第五章 魔王と魔王、そこらじゅうで派手にやってる 【第三節 グレンドルシャムへ】


          ☆


 雲の少ない青空の下を、おびただしい数の荷馬車が南へ向かっている。その両サイドには、荷馬車の群れを守るかのように、銀色の鎧を着込んだ騎馬兵たちがつきしたがっていた。

「……ずいぶんとまあ仰々しい隊列だね」

 馬車の窓から身を乗り出し、ハルドールは望遠鏡で隊列の前方を眺めた。

「ハルくん、これ全部、その何とかいう町に運ぶの?」

「ああ。グレンドルシャムっていったかな?」

 頭の中でこの国の地図を広げ、ハルドールはアマンドをぽりぽりとかじった。馬車に揺られての退屈な旅だが、任務である以上は仕方ない。

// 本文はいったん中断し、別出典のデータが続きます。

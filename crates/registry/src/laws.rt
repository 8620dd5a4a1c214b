// Laws of the definitions alone.
ghost use Rattle.kinds.specs.declared.function.App.{App};
ghost use Rattle.registry.specs.Apps.{read_app};
ghost use Rattle.registry.specs.Ranges.{IsFunctionRead};
ghost use Rattle.std.specs.List.{AllByRecursion};
ghost use Rattle.std.specs.Prelude.{ℕ, ◌≡◌, List, Ok};

/// The throttles, debounces and batches of each registration that isn't refused are within their ranges: limits
/// and bursts from 1 to 1,000,000, periods and timeouts from 1 ms to 366 days, sizes from 1 to 100.
pub fn read_functions_are_in_range()
    ensures { (body : List ℕ) (app : App) → read_app body ≡ Ok app
        → AllByRecursion IsFunctionRead app.functions }
{}
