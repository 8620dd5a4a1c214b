// Where the calls of a function go.
use lists::Bytes;

/// Where the calls of a function go.
#[derive(Drop)]
pub(crate) struct Address {
    pub host: Bytes,
    pub port: u16,
    /// With its `/` in front.
    pub path: Bytes,
    /// Without `?`, and empty where there is none.
    pub query: Bytes,
}
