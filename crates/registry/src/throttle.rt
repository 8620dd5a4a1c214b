// Throttles.
ghost use Rattle.lists.specs.Starved.{OrStarved};
ghost use Rattle.std.specs.Prelude.{◌≡◌, ◌≤◌, codes, IfOk};
ghost use Rattle.serde_json.specs.View.{view};
ghost use Rattle.registry.specs.Flows.{burst_of, most_limit, throttle_in, throttle_of};
ghost use Rattle.registry.specs.Members.{part};
ghost use Rattle.registry.specs.declared.flaw.Flaw.TheVariants.{Memory};

use crate::expression::{condition_in, period_in};
use crate::flaw::Flaw;
use crate::limit::MOST_LIMIT;
use crate::part::{part, whole, whole_in};
use kinds::Throttle;
use serde_json::Value;
use std::alloc::Global;

/// The throttle of a function, where it has one.
pub(crate) fn throttle_in(alloc: Global, function: &Value) -> Result<Option<Throttle>, Flaw>
    ensures { OrStarved Memory (throttle_in (view function.now)) result }
{
    match part(function, "throttle") {
        Some(value) => Ok(Some(throttle_of(alloc, value)?)),
        None => Ok(None),
    }
}

#[tactic(auto, unfolding(crate::specs::Flows::throttle_of))]
fn throttle_of(alloc: Global, value: &Value) -> Result<Throttle, Flaw>
    ensures { OrStarved Memory (throttle_of (view value.now)) result }
{
    let Some(limit) = whole_in(value, "limit", 1, MOST_LIMIT) else {
        return Err(Flaw::Limit);
    };
    let burst = burst_of(value)?;
    let period = period_in(value, "period")?;
    let key = condition_in(alloc, value, "key")?;
    Ok(Throttle {
        limit: limit as u32,
        period,
        burst: burst as u32,
        key,
    })
}

/// How many starts a throttle allows at once.
fn burst_of(value: &Value) -> Result<u64, Flaw>
    ensures value { result ≡ burst_of (part (codes "burst") (view value.now)) }
    ensures most { IfOk result (λ n. n ≤ most_limit) }
{
    let Some(burst) = part(value, "burst") else {
        return Ok(1);
    };
    match whole(burst, 1, MOST_LIMIT) {
        Some(number) => Ok(number),
        None => Err(Flaw::Limit),
    }
}
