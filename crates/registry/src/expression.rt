// Members that are expressions or durations.
ghost use Rattle.lists.specs.Starved.{OrStarved};
ghost use Rattle.std.specs.Prelude.{◌≡◌};
ghost use Rattle.serde_json.specs.View.{view};
ghost use Rattle.registry.specs.Expressions.{condition_in, expression_of, period_in, period_of, timeout_in};
ghost use Rattle.registry.specs.declared.flaw.Flaw.TheVariants.{Memory};

use crate::flaw::Flaw;
use crate::part::part;
use cel_parse::parse;
use expr::Expr;
use serde_json::Value;
use std::alloc::Global;
use text_num::read_duration;

/// The expression that a value is.
#[tactic(auto, unfolding(crate::specs::Expressions::expression_of))]
pub(crate) fn expression_of(alloc: Global, value: &Value) -> Result<Expr, Flaw>
    ensures { OrStarved Memory (expression_of (view value.now)) result }
{
    let Some(text) = value.as_str() else {
        return Err(Flaw::Expression { at: 0 });
    };
    Ok(parse(alloc, text.as_bytes())?)
}

/// The expression in the member of this name, which may be absent.
pub(crate) fn condition_in(alloc: Global, object: &Value, name: &str) -> Result<Option<Expr>, Flaw>
    ensures { OrStarved Memory (condition_in name.now (view object.now)) result }
{
    match part(object, name) {
        Some(value) => Ok(Some(expression_of(alloc, value)?)),
        None => Ok(None),
    }
}

/// The duration that a value is, in milliseconds, from 1 to 366 days.
#[tactic(auto, unfolding(crate::specs::Expressions::period_of))]
fn period_of(value: &Value) -> Result<u64, Flaw>
    ensures { result ≡ period_of (view value.now) }
{
    let Some(text) = value.as_str() else {
        return Err(Flaw::Period);
    };
    match read_duration(text.as_bytes()) {
        Ok(millis) if millis > 0 => Ok(millis),
        _ => Err(Flaw::Period),
    }
}

/// The duration in the member of this name.
pub(crate) fn period_in(object: &Value, name: &str) -> Result<u64, Flaw>
    ensures { result ≡ period_in name.now (view object.now) }
{
    match part(object, name) {
        Some(value) => period_of(value),
        None => Err(Flaw::Period),
    }
}

/// The duration in the member of this name, which may be absent.
pub(crate) fn timeout_in(object: &Value, name: &str) -> Result<Option<u64>, Flaw>
    ensures { result ≡ timeout_in name.now (view object.now) }
{
    match part(object, name) {
        Some(value) => Ok(Some(period_of(value)?)),
        None => Ok(None),
    }
}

 馬車の小窓を閉め、ふかふかしたシートにあらためてお尻を落ち着けたシロは、隣に座るクロを一瞥し、

「……そもそも、わたしたちを輸送部隊の護衛任務に就けること自体が腑に落ちないんだけど」

「護衛役を命じられたのは俺だけだよ。別にきみたちまでついてこなくてもよかったんだけどな?」

「……あのさ」

 それまで押し黙っていたクロが、くわっと目を見開いて自分の首を指さした。

「あんたから離れすぎるとわたしらのココに雷が落ちるよな? 見えない鎖の長さがどのくらいなのか判らない以上、ついていくしかないよな、ぼうや?」

「俺のそばを離れたくないって思ってくれたわけじゃないのか。それは残念」

 アマンドの入った小瓶をクロに手渡し、ハルドールはいったん浮かべた笑みをすぐさま消し去った。

「……真面目な話、物見遊山でいられるわけじゃないよ。事実、この国の領内で何度も隊商が襲われてるらしいからね」

「隊商が襲われるって、盗賊にかい?」

「盗賊なんて可愛らしいもんじゃないよ。規模でいうなら完全に軍さ」

 グリエバルト魔王国の南方に、“盗賊の魔王”ザブームの本拠地があるらしい――という話はハルドールも聞いている。これまで繰り返し発生していた襲撃事件の大半は、ザブームや彼と足並みを揃える盗賊団によるものと考えるべきだろう。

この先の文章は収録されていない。